# facebbok and myspace



## preso (May 1, 2009)

What do you think of those sites... honestly?

I saw some people on it I knew and for a moment, thought about putting my own profile up but then started to think... hmmm
because I also know many people who are not on the site. 

Could it be an invitation to trouble?
I had a bad childhood with lots of freaks and stupid people telling me what to do, escaped them all and made a nice life. Will I be inviting that crap back into my life?
also a string of idiot boyfriends over the last 30 years... 

I'm not sure if I should put up a profile.... 
I mean, what for? to show how nicely I've aged?...
and all the cyber friends I can make?:rofl:

I mean.... I really see no point in it because of all the people I see on the site I know, I would not want any of them IN MY LIFE other than to say hello.
Maybe it's better to just look and not participate.. what do you think?


----------



## trev (May 23, 2009)

its fine if you use it properly you dont have to invite all to be your cyber friend !! 
hey if you cant talk to them in the street face to face why speak via the internet ?
always a place for internet chat just be wise how you use it


----------



## Sufficiently Breathless (May 18, 2009)

My H and I have a myspace page, together. We moved to a different state after we got married 13 years ago. So I use it as a way to keep in touch, and I reconnected with a good girlfriend from high school. I talk to her every day now, and we visit often. 

You can set your profile to private, and only allow certain people to be your friends. So you don't have to invite all the freaks to talk to you or even veiw your page


----------



## preso (May 1, 2009)

so which is better?

which do you like better? my space or facebook?

Facebook looks better although has some features I dont like...
I like the features of myspace better as I can go total private
where on facebook you can't
and facebook pics are too small.... I want to squash the rumor I'm old and fat
so I need the bigger pic space 
lol


----------



## Sufficiently Breathless (May 18, 2009)

I haven't even tried facebook.. only myspace. I like myspace. I've had people tell me I should get a facebook page. I went to the site to check it out once, but it just looks too boring and blah lol.


----------



## preso (May 1, 2009)

I dont get it to be honest.

seems to me its all about "look at me" ( both sites)

?
The people I see on it are mostly people who in real life are quite odd or have some kind of personality disorder
but online they have hundreds of friends. In real life they are freaks...

so I dont know what to make of it but I have a group of people from my past making up rumors I'm a fat, old lesbian.

and......
I have to put an end to that.

lol


----------



## amberlynn (May 24, 2009)

Ive got a mysapce, I use it to keep in touch with my younger sister (15) that lives in Tn with my "dad", and my younger brother (15) that lives with my mom. 

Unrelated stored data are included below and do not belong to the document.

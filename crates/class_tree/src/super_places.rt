//! The superclass of each class.
ghost use Rattle.std.specs.Prelude.{◌≡◌, filter_map, map, slice_get, option_map, IfOk};
ghost use Rattle.std.specs.List.{AllByRecursion};
ghost use Rattle.class_model.specs.Checks.{AllHold};
ghost use Rattle.class_tree.specs.Headers.{all_headers, IsThere};
ghost use Rattle.class_tree.specs.Inner.Nodes.{graph_of, number_of, place_at, super_place};
ghost use Rattle.class_tree.specs.Steps.{supers, hierarchy_checks};

use crate::headers::Headers;
use crate::lists::Lists;
use crate::place::Place;
use class_model::{Header, NoMemory};
use std::alloc::Global;

/// The place of the superclass of each class, by the number of the class.
pub(crate) fn super_places(
    alloc: Global,
    headers: &Headers<'_>,
    graph: &Lists<usize>,
) -> Result<Vec<Option<Place>>, NoMemory>
    requires graph { graph.now ≡ graph_of headers.now }
    requires hierarchy { AllHold (hierarchy_checks headers.now) }
    ensures { IfOk result
        (λ places. places.items ≡ map (super_place headers.now) (all_headers headers.now)) }
{
    let mut places = Vec::with_capacity(alloc, headers.len())?;
    for number in 0..headers.len() {
        if let Some(header) = headers.get(number) {
            places.push(super_place(headers, header, graph.get(number)))?;
        }
    }
    Ok(places)
}

// The place of the superclass of a class, by the numbers of those above it, which are all there.
fn super_place(headers: &Headers<'_>, header: &Header, above: &[usize]) -> Option<Place>
    requires there { AllByRecursion (IsThere headers.now) (supers header.now) }
    requires above { above.now ≡ filter_map (number_of headers.now) (supers header.now) }
    ensures { result ≡ super_place headers.now header.now }
{
    match &header.super_name {
        Some(_) => first_place(headers, above),
        None => None,
    }
}

// The place of the first of these numbers.
fn first_place(headers: &Headers<'_>, numbers: &[usize]) -> Option<Place>
    ensures { result ≡ option_map (place_at headers.now) (slice_get numbers.now 0) }
{
    let number = numbers.get(0)?;
    Some(headers.place(*number))
}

I find myspace easier to use, facebook was frusrating to me, I guess its because I wasnt use to it. Myspace cant really get you into trouble, you can choose who you want to befriend and who you want to deny, and can block the ones that want to start "drama" with you. I think its a good way to keep in touch with the ones you live far away from, or old friends that you have lost connection with.


----------



## preso (May 1, 2009)

all I want to do is post my picture to let
people from my past know I'm not old, fat or a lesbian 

lol

as there are some people from my past who are really into starting rumors about me and I've got wind of some. Since we lost touch due to their being an @sshole...
and in no way a friend to me.............
and 10-20 years has past, I just want to set things straight 
My picture will say it all.......
as I've aged very nicely.

so myspace has more votes so far...
thanks


----------



## dcrim (Oct 1, 2008)

I have both FB & MS. So does my daughter (she's actually got more than one). 

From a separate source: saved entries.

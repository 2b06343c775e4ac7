//! Names of classes that linking knows (JVM Specification SE 8, 4.10.1.2 and 6.5).
ghost use Rattle.std.specs.Prelude.{◌≡◌, map};
ghost use Rattle.class_tree.specs.Names as names;

use class_model::{ACC_INTERFACE, Header, has};

/// The class that each other class is below.
pub const OBJECT: &[u8] = b"java/lang/Object";

pub(crate) const CLONEABLE: &[u8] = b"java/lang/Cloneable";

pub(crate) const SERIALIZABLE: &[u8] = b"java/io/Serializable";

/// The class that all that is thrown is below.
pub const THROWABLE: &[u8] = b"java/lang/Throwable";

/// The class of method handles.
pub const METHOD_HANDLE: &[u8] = b"java/lang/invoke/MethodHandle";

/// The class of method types.
pub const METHOD_TYPE: &[u8] = b"java/lang/invoke/MethodType";

const BASE_NAMES: [&[u8]; 16] = [
    b"java/io/Serializable",
    b"java/lang/AbstractMethodError",
    b"java/lang/ArithmeticException",
    b"java/lang/ArrayIndexOutOfBoundsException",
    b"java/lang/ArrayStoreException",
    b"java/lang/Class",
    b"java/lang/ClassCastException",
    b"java/lang/Cloneable",
    b"java/lang/IllegalAccessError",
    b"java/lang/IllegalMonitorStateException",
    b"java/lang/IncompatibleClassChangeError",
    b"java/lang/NegativeArraySizeException",
    b"java/lang/NullPointerException",
    b"java/lang/Object",
    b"java/lang/String",
    b"java/lang/Throwable",
];

/// The classes that each library has, in byte order.
pub(crate) fn base_names() -> &'static [&'static [u8]]
    ensures { map (λ name. name.now) result.now ≡ names.base_names }
{
    &BASE_NAMES
}

const MACHINE_THROWABLES: [&[u8]; 10] = [
    b"java/lang/AbstractMethodError",
    b"java/lang/ArithmeticException",
    b"java/lang/ArrayIndexOutOfBoundsException",
    b"java/lang/ArrayStoreException",
    b"java/lang/ClassCastException",
    b"java/lang/IllegalAccessError",
    b"java/lang/IllegalMonitorStateException",
    b"java/lang/IncompatibleClassChangeError",
    b"java/lang/NegativeArraySizeException",
    b"java/lang/NullPointerException",
];

/// The throwables that instructions raise, in byte order.
pub fn machine_throwables() -> &'static [&'static [u8]]
    ensures { map (λ name. name.now) result.now ≡ names.machine_throwables }
{
    &MACHINE_THROWABLES
}

/// Whether a class is an interface.
pub(crate) fn is_interface(header: &Header) -> bool
    ensures { result ≡ names.is_interface header.now }
{
    has(header.flags, ACC_INTERFACE)
}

I use them primarily to keep contact. But my daughter and I text all the time anyway. 

I think FB is better for keeping track of people, but MS has the privacy option as well as blogs. 

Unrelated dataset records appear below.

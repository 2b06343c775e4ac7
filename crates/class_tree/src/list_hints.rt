//! Where lists of superinterfaces may stand in one another. Nothing is proved of what is found here but that it is safe: whoever
//! takes it compares.
use crate::headers::Headers;
use crate::lists::Lists;
use class_model::NoMemory;
use std::alloc::Global;

/// Items, and for each class where among them its superinterfaces may stand: from this place on.
#[derive(Drop)]
pub(crate) struct ListHints {
    pub items: Vec<usize>,
    pub starts: Vec<usize>,
}

// No place.
const NONE: usize = usize::MAX;

/// The place of the list of a number.
pub(crate) fn start_of(starts: &[usize], number: usize) -> usize {
    starts.get(number).copied().unwrap_or(NONE)
}

/// The superinterfaces of the lowest classes, and the places of those of the classes above them, where all of these stand one
/// behind another. The order is of classes behind those that they name.
pub(crate) fn list_hints(
    alloc: Global,
    headers: &Headers<'_>,
    graph: &Lists<usize>,
    order: &[usize],
) -> Result<ListHints, NoMemory> {
    let count = graph.len();
    let mut hints = ListHints {
        items: Vec::new(alloc),
        starts: vec![in alloc; NONE; count]?,
    };
    let mut search = Search {
        stack: Vec::new(alloc),
        places: vec![in alloc; NONE; count]?,
        alike: vec![in alloc; NONE; count]?,
    };
    for number in order.iter().rev() {
        if let Some(supers) = Supers::of(headers, graph, *number) {
            if supers.has_interface() && start_of(hints.starts.as_slice(), *number) == NONE {
                let other = start_of(search.alike.as_slice(), supers.first());
                let start = start_of_alike(graph, &hints, *number, other);
                set_at(hints.starts.as_mut_slice(), *number, start);
                if start == NONE {
                    search.walk(headers, graph, *number, &mut hints)?;
                }
            }
        }
    }
    Ok(hints)
}

// The place of the list of another class, if both name the same classes.
fn start_of_alike(graph: &Lists<usize>, hints: &ListHints, number: usize, other: usize) -> usize {
    if number < graph.len() && other < graph.len() && graph.get(number) == graph.get(other) {
        start_of(hints.starts.as_slice(), other)
    } else {
        NONE
    }
}

// Sets an item, if it is there.
fn set_at(items: &mut [usize], at: usize, value: usize) {
    if let Some(item) = items.get_mut(at) {
        *item = value;
    }
}

// The classes that a class names, its interfaces first.
#[derive(Clone, Copy)]
struct Supers<'a> {
    numbers: &'a [usize],
    has_superclass: bool,
}

impl<'a> Supers<'a> {
    fn of(headers: &Headers<'_>, graph: &'a Lists<usize>, number: usize) -> Option<Supers<'a>> {
        let header = headers.get(number)?;
        if number >= graph.len() {
            return None;
        }
        Some(Supers {
            numbers: graph.get(number),
            has_superclass: header.super_name.is_some(),
        })
    }

    fn has_interface(self) -> bool {
        if self.has_superclass {
            self.numbers.len() > 1
        } else {
            !self.numbers.is_empty()
        }
    }

    // The first interface, or else the superclass.
    fn first(self) -> usize {
        match self.get(0) {
            Some(Super::Interface(number) | Super::Superclass(number)) => number,
            None => NONE,
        }
    }

    fn get(self, at: usize) -> Option<Super> {
        let place = if self.has_superclass {
            at.saturating_add(1)
        } else {
            at
        };
        match self.numbers.get(place) {
            Some(number) => Some(Super::Interface(*number)),
            None if self.has_superclass && place == self.numbers.len() => {
                self.numbers.first().copied().map(Super::Superclass)
            }
            None => None,
        }
    }
}

#[derive(Clone, Copy)]
enum Super {
    Interface(usize),
    Superclass(usize),
}

// A class whose superinterfaces are being listed from a place on, how many of those that it names were, and the least place
// at which one of them stood already.
#[derive(Clone, Copy)]
struct Open {
    number: usize,
    start: usize,
    next: usize,
    least: usize,
}

impl Open {
    fn new(number: usize, start: usize) -> Self {
        Open {
            number,
            start,
            next: 0,
            least: NONE,
        }
    }
}

// A depth-first search upwards.
#[derive(Drop)]
struct Search {
    stack: Vec<Open>,
    // where each class stands among the items that were listed last with it
    places: Vec<usize>,
    // by the first interface that it names, the last class whose list has a place
    alike: Vec<usize>,
}

impl Search {
    // Lists the superinterfaces of a class.
    fn walk(
        &mut self,
        headers: &Headers<'_>,
        graph: &Lists<usize>,
        number: usize,
        hints: &mut ListHints,
    ) -> Result<(), NoMemory> {
        let begin = hints.items.len();
        self.stack.push(Open::new(number, begin))?;
        for _ in 0..u64::MAX {
            let Some(mut open) = self.stack.pop() else {
                break;
            };
            match Supers::of(headers, graph, open.number).and_then(|supers| supers.get(open.next)) {
                None => self.close(headers, graph, open, hints),
                Some(next) => {
                    open.next = open.next.saturating_add(1);
                    self.meet(open, next, begin, hints)?;
                }
            }
        }
        Ok(())
    }

    // Opens a class that another names, unless its list stands already among the items from a place on.
    fn meet(
        &mut self,
        mut open: Open,
        next: Super,
        begin: usize,
        hints: &mut ListHints,
    ) -> Result<(), NoMemory> {
        let number = match next {
            Super::Superclass(number) => {
                self.stack.push(open)?;
                number
            }
            Super::Interface(number) => {
                let place = start_of(self.places.as_slice(), number);
                if begin <= place && place < hints.items.len() {
                    open.least = open.least.min(place);
                    self.stack.push(open)?;
                    return Ok(());
                }
                set_at(self.places.as_mut_slice(), number, hints.items.len());
                hints.items.push(number)?;
                self.stack.push(open)?;
                number
            }
        };
        self.stack.push(Open::new(number, hints.items.len()))?;
        Ok(())
    }

    // Ends the list of a class. It is whole where none of it stood before it.
    fn close(
        &mut self,
        headers: &Headers<'_>,
        graph: &Lists<usize>,
        open: Open,
        hints: &mut ListHints,
    ) {
        let is_new = start_of(hints.starts.as_slice(), open.number) == NONE;
        if is_new && open.least >= open.start {
            set_at(hints.starts.as_mut_slice(), open.number, open.start);
            if let Some(supers) = Supers::of(headers, graph, open.number) {
                set_at(self.alike.as_mut_slice(), supers.first(), open.number);
            }
        }
        if let Some(below) = self.stack.last_mut() {
            below.least = below.least.min(open.least);
        }
    }
}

You don't have to accept all buddy/friend invitations.


----------



## preso (May 1, 2009)

I'm still not sure if I should do it...

something just freaks me out about those sites. I don't know why.
I feel I will be victimized, terrorized or some freak 
from my past will come looking for me.


----------



## dcrim (Oct 1, 2008)

On MS, with the privacy option set, no one can send you a message that isn't on your friend list. You can always delete the account if you change your mind.


----------



## Blanca (Jul 25, 2008)

preso said:


> What do you think of those sites... honestly?


I would never use them. I think its kind of random having all your information out there for just anyone to see. Ive used chat forums before and penpal sites, and those helped me learn how to make small talk, but the conversations are erased when you stop talking to the person. i just wouldnt want my information up like that.


----------



## recent_cloud (Apr 18, 2009)

"all I want to do is post my picture to let
people from my past know I'm not old, fat or a lesbian "


your picture will easily let people know you're not fat or old. but a photo proving you're not a lesbian, now that should be a very interesting photo.

and it'd probably drive plenty of traffic to your page.


----------



## preso (May 1, 2009)

recent_cloud said:


> "all I want to do is post my picture to let
> people from my past know I'm not old, fat or a lesbian "
> 
> 
> ...


what I meant was... to post a picture of me, with my husband.


----------



## dcrim (Oct 1, 2008)

OTOH, I like the permanence of those pages. A lot of what I've posted here is on my pages, too (variations thereof). 

I don't want to keep it in and that's a way to get it out, too. I was asked to take down the pages (by "her") so I set MS to private. 

I am a very open person. I don't mind sharing my life or discussing anything. It's just me. If I keep it in, no one knows how I'm doing, what I'm feeling, going through. 

I don't force anyone to read my stuff...but knowing some do, helps me to feel better knowing they're getting to know me a little better. 

Like these forums. My posts won't be permanent, eventually they'll get archived and deleted. But by then it won't matter any more. 

It's the next best thing to being there.


----------



## recent_cloud (Apr 18, 2009)

to make my point in a more dry way:

those who want to believe you are a lesbian are not going to be persuaded by a pic of you standing next to a man. 

they are going to believe what they will, and in the larger scheme of things, it really doesn't matter what they believe.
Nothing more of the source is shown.